Hand back all of the records exactly as they read.
··········
ghost use Rattle.std.specs.Prelude.{◌≡◌, ◌==◌, ◌<◌, ◌≤◌, [], None, true, IfOk, IfErr, if◌then◌else◌, length, map, option_map};
ghost use Rattle.ct_args.specs.Invocation.{IsBounded};
ghost use Rattle.ct_app.specs.Calls.{sides};
ghost use Rattle.ct_app.specs.Ends.{EndsFor, EndsWithFiles, PlanEnds, ended_as, history_entries, with_status as ended_with};
ghost use Rattle.ct_app.specs.Run.{HasRun, OthersStay, RestStays};
ghost use Rattle.ct_app.specs.RunFiles.{done_of};
ghost use Rattle.ct_core.specs.Order.{FollowsQueue};
ghost use Rattle.ct_history.specs.Verdicts.{are_all_final};
ghost use Rattle.ct_worker.specs.Work.{Reach, terms_in};

use crate::Outcome;
use crate::planning::{PlannedFolder, Unplanned, hand_out_sound, plan_folder};
use crate::props::without_links;
use crate::run::{PoolRun, run};
use crate::run_files::write_files;
use ct_args::Invocation;
use ct_base::{Files, List, Name, Pair, Sink, SinkFault};
use ct_core::{Core, Gate};
use ct_cost::CostData;
use ct_history::{History, Plan, PlanParts};
use ct_worker::Jobs;
use std::alloc::Global;
use std::sync::Wait;
use std::thread::Threads;

/// How a call ended, before the line of its outcome is put, and the sink of the call.
#[derive(Drop)]
pub(crate) struct Ran<S> {
    /// The status of a complete run, or the outcome of any other call.
    pub(crate) ended: Result<u8, Outcome>,
    /// The names of the tests of a cycle, if a cycle is refused; else empty.
    pub(crate) names: List<Name>,
    /// The plan of the run, if one was made.
    pub(crate) plan: Option<Plan>,
    /// The history of the run, if a plan was made.
    pub(crate) history: Option<History>,
    pub(crate) sink: S,
}

/// How the run of a plan ended, before its files are written.
#[derive(Drop)]
struct PlanRun<S> {
    ended: Result<(), Outcome>,
    plan: Plan,
    history: History,
    sink: S,
}

/// Reads the folder of a run, plans the tests, runs them, and writes the files for the next run.
///
/// The tests, the named specification and the cost data of the last run are read. Where the words
/// ask for the tests that failed last, the choice is limited to the names in the log.
pub(crate) fn run_folder<R: Threads + Wait + Sync, F: Files, G: Gate + Send, S: Sink + Send>(
    rt: &R,
    alloc: Global,
    invocation: Invocation,
    env: &[Pair],
    files: &mut F,
    gates: &mut [G],
    sink: S,
) -> Ran<S>
    requires bounded { IsBounded invocation }
    requires some { 0 < length gates.old }
    ensures ends { EndsFor invocation (λ words. sides words env.now (F.tells files.old) (F.tells files.new) (map G.tells gates.old) (map G.tells gates.new) (S.tells sink) (S.tells result.sink) result.plan (option_map history_entries result.history)) result.names result.ended }
    ensures others { OthersStay result.plan gates.old gates.new }
{
    let (timeout, empty_is_error) = (invocation.timeout, invocation.empty_is_error);
    let PlannedFolder { tests, costs, plan } = match plan_folder(alloc, files, invocation) {
        Ok(folder) => folder,
        Err(bad) => return unplanned(bad, sink),
    };
    hand_out_sound(&plan);
    let tests = without_links(alloc, tests);
    let jobs = Jobs {
        own: env,
        defs: &tests.defs,
        props: &tests.props,
        timeout,
    };
    let PlanRun {
        ended,
        plan,
        history,
        sink,
    } = run_plan(rt, alloc, plan, &jobs, gates, sink);
    let ended = leave_files(alloc, files, empty_is_error, &costs, &plan, &history, ended);
    Ran {
        ended,
        names: List::new(alloc),
        plan: Some(plan),
        history: Some(history),
        sink,
    }
}

/// Makes the end of a call whose folder has no plan.
fn unplanned<S>(bad: Unplanned, sink: S) -> Ran<S>
    ensures { result ≡ record { ended = Err bad.outcome; names = bad.names; plan = None; history = None; sink = sink } }
{
    Ran {
        ended: Err(bad.outcome),
        names: bad.names,
        plan: None,
        history: None,
        sink,
    }
}

/// Makes the end of a call that made no plan.
pub(crate) fn unrun<S>(alloc: Global, outcome: Outcome, sink: S) -> Ran<S>
    ensures { result ≡ record { ended = Err outcome; names = []; plan = None; history = None; sink = sink } }
{
    Ran {
        ended: Err(outcome),
        names: List::new(alloc),
        plan: None,
        history: None,
        sink,
    }
}

/// Runs a plan with its report.
fn run_plan<R: Threads + Wait + Sync, G: Gate + Send, S: Sink + Send>(
    rt: &R,
    alloc: Global,
    plan: Plan,
    jobs: &Jobs<'_>,
    gates: &mut [G],
    sink: S,
) -> PlanRun<S>
    requires level { 1 ≤ plan.level }
    requires some { 0 < length gates.old }
    requires reach { Reach jobs.now plan }
    ensures plan { result.plan ≡ plan }
    ensures ran { HasRun (terms_in jobs.now plan) (map G.tells gates.old) (map G.tells gates.new) result.plan (history_entries result.history) }
    ensures order { FollowsQueue result.plan (history_entries result.history) }
    ensures ends { PlanEnds result.plan (history_entries result.history) (S.tells sink) (S.tells result.sink) result.ended }
    ensures others { RestStays result.plan gates.old gates.new }
{
    match Core::open(alloc, plan) {
        Ok(core) => {
            let PoolRun { core, sink, put } = run(rt, alloc, core, jobs, gates, sink);
            let (plan, history) = core.into_parts();
            PlanRun {
                ended: outcome_of(put),
                plan,
                history,
                sink,
            }
        }
        Err(plan) => PlanRun {
            ended: Err(Outcome::Memory),
            plan,
            history: History {
                entries: Vec::new(alloc),
            },
            sink,
        },
    }
}

/// Turns the end of a run into the outcome of the call.
fn outcome_of(run: Result<(), SinkFault>) -> Result<(), Outcome>
    ensures { result ≡ ended_as run }
{
    match run {
        Ok(()) => Ok(()),
        Err(fault) => Err(Outcome::from(fault)),
    }
}

/// Writes the files of a complete run, and returns the status of the run.
///
/// A run that ended early keeps its outcome, and its files stay.
#[tactic(auto, using(crate::proofs::LeaveLemmas::early_status))]
fn leave_files<F: Files>(
    alloc: Global,
    files: &mut F,
    empty_is_error: bool,
    costs: &CostData,
    plan: &Plan,
    history: &History,
    ended: Result<(), Outcome>,
) -> Result<u8, Outcome>
    requires complete { IfOk ended (λ done. are_all_final plan.now (history_entries history.now) ≡ true) }
    ensures left { EndsWithFiles plan.now (history_entries history.now) costs.now (F.tells files.old) (F.tells files.new) ended (done_of result) }
    ensures status { result ≡ ended_with empty_is_error plan.now (history_entries history.now) (done_of result) }
{
    ended?;
    let failed = write_files(alloc, files, costs, plan, history)?;
    Ok(status(empty_is_error, plan.parts(), failed))
}

/// Returns the status of a complete run: 8 where the run failed, else 0. `failed` says whether a
/// test failed.
///
/// Source: CMake manual, ctest(1), Description.
fn status(empty_is_error: bool, plan: &PlanParts, failed: bool) -> u8
    ensures { result ≡ (if (if length plan.now.tests == 0 then empty_is_error else failed) then 8 else 0) }
{
    if is_failed(empty_is_error, plan, failed) {
        8
    } else {
        0
    }
}

/// Returns whether a complete run failed: a test failed, or there is no test and that is an error.
///
/// Source: CMake manual, ctest(1), --no-tests.
fn is_failed(empty_is_error: bool, plan: &PlanParts, failed: bool) -> bool
    ensures { result ≡ (if length plan.now.tests == 0 then empty_is_error else failed) }
{
    if plan.tests.is_empty() {
        empty_is_error
    } else {
        failed
    }
}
··········
RESPONSE TO THIS EXERCISE.
ghost use Rattle.std.specs.Prelude.{◌≡◌, ◌==◌, ◌<◌, ◌≤◌, [], None, true, IfOk, IfErr, if◌then◌else◌, length, map, option_map};
ghost use Rattle.ct_args.specs.Invocation.{IsBounded};
ghost use Rattle.ct_app.specs.Calls.{sides};
ghost use Rattle.ct_app.specs.Ends.{EndsFor, EndsWithFiles, PlanEnds, ended_as, history_entries, with_status as ended_with};
ghost use Rattle.ct_app.specs.Run.{HasRun, OthersStay, RestStays};
ghost use Rattle.ct_app.specs.RunFiles.{done_of};
ghost use Rattle.ct_core.specs.Order.{FollowsQueue};
ghost use Rattle.ct_history.specs.Verdicts.{are_all_final};
ghost use Rattle.ct_worker.specs.Work.{Reach, terms_in};

use crate::Outcome;
use crate::planning::{PlannedFolder, Unplanned, hand_out_sound, plan_folder};
use crate::props::without_links;
use crate::run::{PoolRun, run};
use crate::run_files::write_files;
use ct_args::Invocation;
use ct_base::{Files, List, Name, Pair, Sink, SinkFault};
use ct_core::{Core, Gate};
use ct_cost::CostData;
use ct_history::{History, Plan, PlanParts};
use ct_worker::Jobs;
use std::alloc::Global;
use std::sync::Wait;
use std::thread::Threads;

/// How a call ended, before the line of its outcome is put, and the sink of the call.
#[derive(Drop)]
pub(crate) struct Ran<S> {
    /// The status of a complete run, or the outcome of any other call.
    pub(crate) ended: Result<u8, Outcome>,
    /// The names of the tests of a cycle, if a cycle is refused; else empty.
    pub(crate) names: List<Name>,
    /// The plan of the run, if one was made.
    pub(crate) plan: Option<Plan>,
    /// The history of the run, if a plan was made.
    pub(crate) history: Option<History>,
    pub(crate) sink: S,
}

/// How the run of a plan ended, before its files are written.
#[derive(Drop)]
struct PlanRun<S> {
    ended: Result<(), Outcome>,
    plan: Plan,
    history: History,
    sink: S,
}

/// Reads the folder of a run, plans the tests, runs them, and writes the files for the next run.
///
/// The tests, the named specification and the cost data of the last run are read. Where the words
/// ask for the tests that failed last, the choice is limited to the names in the log.
pub(crate) fn run_folder<R: Threads + Wait + Sync, F: Files, G: Gate + Send, S: Sink + Send>(
    rt: &R,
    alloc: Global,
    invocation: Invocation,
    env: &[Pair],
    files: &mut F,
    gates: &mut [G],
    sink: S,
) -> Ran<S>
    requires bounded { IsBounded invocation }
    requires some { 0 < length gates.old }
    ensures ends { EndsFor invocation (λ words. sides words env.now (F.tells files.old) (F.tells files.new) (map G.tells gates.old) (map G.tells gates.new) (S.tells sink) (S.tells result.sink) result.plan (option_map history_entries result.history)) result.names result.ended }
    ensures others { OthersStay result.plan gates.old gates.new }
{
    let (timeout, empty_is_error) = (invocation.timeout, invocation.empty_is_error);
    let PlannedFolder { tests, costs, plan } = match plan_folder(alloc, files, invocation) {
        Ok(folder) => folder,
        Err(bad) => return unplanned(bad, sink),
    };
    hand_out_sound(&plan);
    let tests = without_links(alloc, tests);
    let jobs = Jobs {
        own: env,
        defs: &tests.defs,
        props: &tests.props,
        timeout,
    };
    let PlanRun {
        ended,
        plan,
        history,
        sink,
    } = run_plan(rt, alloc, plan, &jobs, gates, sink);
    let ended = leave_files(alloc, files, empty_is_error, &costs, &plan, &history, ended);
    Ran {
        ended,
        names: List::new(alloc),
        plan: Some(plan),
        history: Some(history),
        sink,
    }
}

/// Makes the end of a call whose folder has no plan.
fn unplanned<S>(bad: Unplanned, sink: S) -> Ran<S>
    ensures { result ≡ record { ended = Err bad.outcome; names = bad.names; plan = None; history = None; sink = sink } }
{
    Ran {
        ended: Err(bad.outcome),
        names: bad.names,
        plan: None,
        history: None,
        sink,
    }
}

/// Makes the end of a call that made no plan.
pub(crate) fn unrun<S>(alloc: Global, outcome: Outcome, sink: S) -> Ran<S>
    ensures { result ≡ record { ended = Err outcome; names = []; plan = None; history = None; sink = sink } }
{
    Ran {
        ended: Err(outcome),
        names: List::new(alloc),
        plan: None,
        history: None,
        sink,
    }
}

/// Runs a plan with its report.
fn run_plan<R: Threads + Wait + Sync, G: Gate + Send, S: Sink + Send>(
    rt: &R,
    alloc: Global,
    plan: Plan,
    jobs: &Jobs<'_>,
    gates: &mut [G],
    sink: S,
) -> PlanRun<S>
    requires level { 1 ≤ plan.level }
    requires some { 0 < length gates.old }
    requires reach { Reach jobs.now plan }
    ensures plan { result.plan ≡ plan }
    ensures ran { HasRun (terms_in jobs.now plan) (map G.tells gates.old) (map G.tells gates.new) result.plan (history_entries result.history) }
    ensures order { FollowsQueue result.plan (history_entries result.history) }
    ensures ends { PlanEnds result.plan (history_entries result.history) (S.tells sink) (S.tells result.sink) result.ended }
    ensures others { RestStays result.plan gates.old gates.new }
{
    match Core::open(alloc, plan) {
        Ok(core) => {
            let PoolRun { core, sink, put } = run(rt, alloc, core, jobs, gates, sink);
            let (plan, history) = core.into_parts();
            PlanRun {
                ended: outcome_of(put),
                plan,
                history,
                sink,
            }
        }
        Err(plan) => PlanRun {
            ended: Err(Outcome::Memory),
            plan,
            history: History {
                entries: Vec::new(alloc),
            },
            sink,
        },
    }
}

/// Turns the end of a run into the outcome of the call.
fn outcome_of(run: Result<(), SinkFault>) -> Result<(), Outcome>
    ensures { result ≡ ended_as run }
{
    match run {
        Ok(()) => Ok(()),
        Err(fault) => Err(Outcome::from(fault)),
    }
}

/// Writes the files of a complete run, and returns the status of the run.
///
/// A run that ended early keeps its outcome, and its files stay.
#[tactic(auto, using(crate::proofs::LeaveLemmas::early_status))]
fn leave_files<F: Files>(
    alloc: Global,
    files: &mut F,
    empty_is_error: bool,
    costs: &CostData,
    plan: &Plan,
    history: &History,
    ended: Result<(), Outcome>,
) -> Result<u8, Outcome>
    requires complete { IfOk ended (λ done. are_all_final plan.now (history_entries history.now) ≡ true) }
    ensures left { EndsWithFiles plan.now (history_entries history.now) costs.now (F.tells files.old) (F.tells files.new) ended (done_of result) }
    ensures status { result ≡ ended_with empty_is_error plan.now (history_entries history.now) (done_of result) }
{
    ended?;
    let failed = write_files(alloc, files, costs, plan, history)?;
    Ok(status(empty_is_error, plan.parts(), failed))
}

/// Returns the status of a complete run: 8 where the run failed, else 0. `failed` says whether a
/// test failed.
///
/// Source: CMake manual, ctest(1), Description.
fn status(empty_is_error: bool, plan: &PlanParts, failed: bool) -> u8
    ensures { result ≡ (if (if length plan.now.tests == 0 then empty_is_error else failed) then 8 else 0) }
{
    if is_failed(empty_is_error, plan, failed) {
        8
    } else {
        0
    }
}

/// Returns whether a complete run failed: a test failed, or there is no test and that is an error.
///
/// Source: CMake manual, ctest(1), --no-tests.
fn is_failed(empty_is_error: bool, plan: &PlanParts, failed: bool) -> bool
    ensures { result ≡ (if length plan.now.tests == 0 then empty_is_error else failed) }
{
    if plan.tests.is_empty() {
        empty_is_error
    } else {
        failed
    }
}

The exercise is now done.